Where do you stand on failing to stop for an unmarked car? I mean if you were in a brand new range rover a 4am in Brum, would you stop for 2 guys in a i30 ?

I wouldn't (i don't have a flash car anyway), but it could be anyone trying to car jack!


----------



## Benn (Aug 22, 2007)

bidderman1969 said:


> whats the unlikeliest unmarked cop car you've seen?
> 
> the reason i ask was that i was around the Fareham area the other day and saw an Alfa 147 (im sure of) and thought "thats unusual for an unmarked cop car"
> 
> seen a black Q7 roaming the A27 a few years ago around the southampton area


Fareham/Hampshire have a whole new fleet of cars now.
The Alfa is a replacement and normally does motorway jobs.. You'll sometimes see it pulling lorries over.. Same with the 4door red subaru saloon.
I deliever to Farehams impound/servicing depot. So i see all the cars, very handy too.


----------



## DOBE (May 4, 2012)

Kerr said:


> A couple of years ago the police in Glasgow started using cars they confiscated under the proceeds of crime act.
> 
> They had a Q7 too.












There's a blue Focus RS that patrols the M8/M74 in and around the Glasgow area too.


----------



## Blackroc (Dec 10, 2012)

I understand the Police around the Midlands have a new BMW M135i on order.
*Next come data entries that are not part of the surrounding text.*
//! The steps of the session.
ghost use Rattle.std.specs.Prelude.{◌≤◌, IfOk};

use crate::ended::Ended;
use devices::MemWorld;
use flat_nvm_layout::Geometry;
use flat_recovery::format;
use nvm_model::Choice;
use spitfire_app::{Words, spitfire};
use ssd_model::BlockChoice;
use std::alloc::Global;
use std::io;
use std::io::Print;

/// The sizes of the session's store: two tables of 20 rows, and 4 writes to a transaction.
const SIZES: Geometry = Geometry {
    tables: 2,
    rows: 20,
    writes: 4,
    frames: 40,
    log_blocks: 128,
};

/// How many bytes of replies the second script gets before its commit is answered: `ok` three times.
const BEFORE_COMMIT: usize = 9;

/// One word of the command line.
fn word(text: &str) -> Words {
    let mut words = Words::new();
    words.push(text);
    words
}

/// Prints each line of a text behind a mark.
fn show(rt: &impl Print, mark: &str, text: &[u8]) -> io::Result<()> {
    for line in text.split(|byte| *byte == b'\n') {
        if let Ok(line) = std::str::from_utf8(line) {
            if !line.is_empty() {
                println!(rt; "  {mark} {line}")?;
            }
        }
    }
    Ok(())
}

/// A world that holds a new store.
pub fn made(rt: &impl Print, alloc: Global) -> Result<MemWorld, Ended> {
    let (lines, blocks) = (SIZES.nvm_lines(), SIZES.ssd_blocks());
    let mut world = MemWorld::new(alloc, lines, blocks, b"", b"", &[])?;
    format(&mut world, &SIZES)?;
    println!(rt;
        "  {} tables of {} rows: NVM {lines} lines of 64 bytes, disk {blocks} blocks of 4,096",
        SIZES.tables, SIZES.rows
    )?;
    Ok(world)
}

/// A world of what the devices hold after so many events, by this choice of versions, with this script.
pub fn reopened(
    alloc: Global,
    world: &MemWorld,
    events: u64,
    choice: Choice,
    script: &str,
) -> Result<MemWorld, Ended>
    requires { events ≤ world.now.events }
{
    let images = world.images_at(alloc, events, choice, BlockChoice::Settled)?;
    Ok(MemWorld::from_images(alloc, &images, b"", script.as_bytes(), &[])?)
}

/// Answers the script of a world, and prints both.
pub fn answer(
    rt: &impl Print,
    alloc: Global,
    world: &mut MemWorld,
    script: &str,
) -> Result<(), Ended> {
    let status = spitfire(alloc, &word("run"), world);
    show(rt, "<", script.as_bytes())?;
    show(rt, ">", world.output())?;
    println!(rt; "  status {status}")?;
    if status == 0 {
        Ok(())
    } else {
        Err(Ended::Status(status))
    }
}

/// The least number of events after which at least so many bytes were sent, or all events.
fn events_until(world: &MemWorld, bytes: usize) -> u64
    ensures { result ≤ world.now.events }
{
    let mut low = 0;
    let mut high = world.events();
    while low < high {
        let middle = low + (high - low) / 2;
        if world.sent_at(middle) < bytes {
            low = middle + 1;
        } else {
            high = middle;
        }
    }
    high
}

/// Picks an event in the middle of the second script's commit, and says what had been sent by then.
pub fn cut_short(rt: &impl Print, world: &MemWorld) -> Result<u64, Ended>
    ensures { IfOk result (λ at. at ≤ world.now.events) }
{
    let from = events_until(world, BEFORE_COMMIT);
    let to = events_until(world, BEFORE_COMMIT + 1);
    let at = if from < to {
        from + (to - from) / 2
    } else {
        to
    };
    println!(rt;
        "The same run, stopped after {at} of its {} events, in the middle of the commit",
        world.events()
    )?;
    println!(rt;
        "  {} of {} bytes of replies were sent",
        world.sent_at(at),
        world.output().len()
    )?;
    Ok(at)
}
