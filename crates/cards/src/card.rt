//! An image of a card, and how its sectors are filled.
ghost use Rattle.std.specs.Prelude.{◌≡◌, ◌<◌, ◌⊎◌, length, MatchResult};
ghost use Rattle.disk.specs.Sectors.{count};
ghost use Rattle.layout.specs.Words.{stored, word_size, written as overwritten};
ghost use Rattle.layout.specs.Headers.{header_bytes};
ghost use Rattle.layout.specs.Pages.{page_bytes};
ghost use Rattle.layout.specs.Tables.{table_bytes};
ghost use Rattle.cards.specs.Fills.{bytes_of, held, Unchanged, Filled, Lacking, TooFull, NoRoom};

use crate::fault::CardFault;
use disk::image::Image;
use disk::{Disk, SECTOR_SIZE, SectorBytes};
use layout::header::Header;
use layout::page::Page;
use layout::table::Table;
use layout::word::blank_sector;
use numbers::sector::Sector;

/// An image of a card in lent bytes. What no call fills stays as it was lent.
#[derive(Drop)]
pub struct Card<'a> {
    image: Image<'a>,
}

impl Card<'_> {
    /// The card in these bytes.
    pub fn new(bytes: &mut [u8]) -> Card<'_>
        ensures { bytes_of result ≡ bytes.old }
    {
        Card {
            image: Image::new(bytes),
        }
    }

    /// What a sector holds.
    fn get(&mut self, at: Sector) -> Result<SectorBytes, CardFault>
        ensures { MatchResult result
            (λ s. (at.0 < count (bytes_of self.old)) × (s ≡ held self.old at.0) × Unchanged self.old self.new)
            (λ f. Lacking self.old at.0 f self.new) }
    {
        let mut bytes = blank_sector();
        self.image.get(usize::from(at.0), &mut bytes)?;
        Ok(bytes)
    }

    /// Fills a sector.
    fn put(&mut self, at: Sector, bytes: &SectorBytes) -> Result<(), CardFault>
        ensures { MatchResult result (λ _. Filled self.old at.0 bytes.now self.new) (λ f. Lacking self.old at.0 f self.new) }
    {
        self.image.put(usize::from(at.0), bytes)?;
        Ok(())
    }

    /// Fills a sector with a page of the directory.
    pub fn put_page(&mut self, at: Sector, page: &Page) -> Result<(), CardFault>
        ensures { MatchResult result
            (λ _. Filled self.old at.0 (page_bytes page.now) self.new)
            (λ f. TooFull (length page.now.rows) self.old f self.new ⊎ Lacking self.old at.0 f self.new) }
    {
        let bytes = page.encode().ok_or(CardFault::Full)?;
        self.put(at, &bytes)
    }

    /// Writes a file's header before the data of its first sector, which stay as they are.
    pub fn put_header(&mut self, at: Sector, header: &Header) -> Result<(), CardFault>
        ensures { MatchResult result
            (λ _. Filled self.old at.0 (overwritten (held self.old at.0) 0 (header_bytes header.now)) self.new)
            (λ f. Lacking self.old at.0 f self.new) }
    {
        let mut bytes = self.get(at)?;
        header.encode(&mut bytes);
        self.put(at, &bytes)
    }

    /// Fills a sector with an extension table.
    pub fn put_table(&mut self, at: Sector, table: &Table) -> Result<(), CardFault>
        ensures { MatchResult result (λ _. Filled self.old at.0 (table_bytes table.now) self.new) (λ f. Lacking self.old at.0 f self.new) }
    {
        self.put(at, &table.encode())
    }

    /// Writes bytes into a sector from an offset on; its others stay as they are.
    pub fn put_bytes(&mut self, at: Sector, offset: usize, bytes: &[u8]) -> Result<(), CardFault>
        ensures { MatchResult result
            (λ _. Filled self.old at.0 (overwritten (held self.old at.0) offset bytes.now) self.new)
            (λ f. NoRoom offset (length bytes.now) self.old f self.new ⊎ Lacking self.old at.0 f self.new) }
    {
        if offset > SECTOR_SIZE || bytes.len() > SECTOR_SIZE - offset {
            return Err(CardFault::Room);
        }
        let mut sector = self.get(at)?;
        sector[offset..offset + bytes.len()].copy_from_slice(bytes);
        self.put(at, &sector)
    }

    /// Writes a number into a sector from an offset on.
    pub fn put_word(&mut self, at: Sector, offset: usize, value: u32) -> Result<(), CardFault>
        ensures { MatchResult result
            (λ _. Filled self.old at.0 (overwritten (held self.old at.0) offset (stored value)) self.new)
            (λ f. NoRoom offset word_size self.old f self.new ⊎ Lacking self.old at.0 f self.new) }
    {
        self.put_bytes(at, offset, &value.to_le_bytes())
    }
}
It's being stickered up so not stealthy but worth avoiding if you want a chase!!!!


----------



## alan hanson (May 21, 2008)

theres a x5 as i found out the other day when it suddenly slowed down to 20 in a 30 meaning i got close to it, (luckily other half said dont overtake) as 2 mins later it flashed its lights to say what it was. guessing by slowing down he was tempting me to see if i reacted


----------



## bidderman1969 (Oct 20, 2006)

Benn said:


> Fareham/Hampshire have a whole new fleet of cars now.
> The Alfa is a replacement and normally does motorway jobs.. You'll sometimes see it pulling lorries over.. Same with the 4door red subaru saloon.
> I deliever to Farehams impound/servicing depot. So i see all the cars, very handy too.


so was it a 147? i really thought i was imagining it tbh, :lol:


----------



## Davemm (Mar 9, 2009)

Local police have a white evoke


----------



## Young_JD (Mar 8, 2013)

kybert said:


> Where do you stand on failing to stop for an unmarked car? I mean if you were in a brand new range rover a 4am in Brum, would you stop for 2 guys in a i30 ?
> 
> I wouldn't (i don't have a flash car anyway), but it could be anyone trying to car jack!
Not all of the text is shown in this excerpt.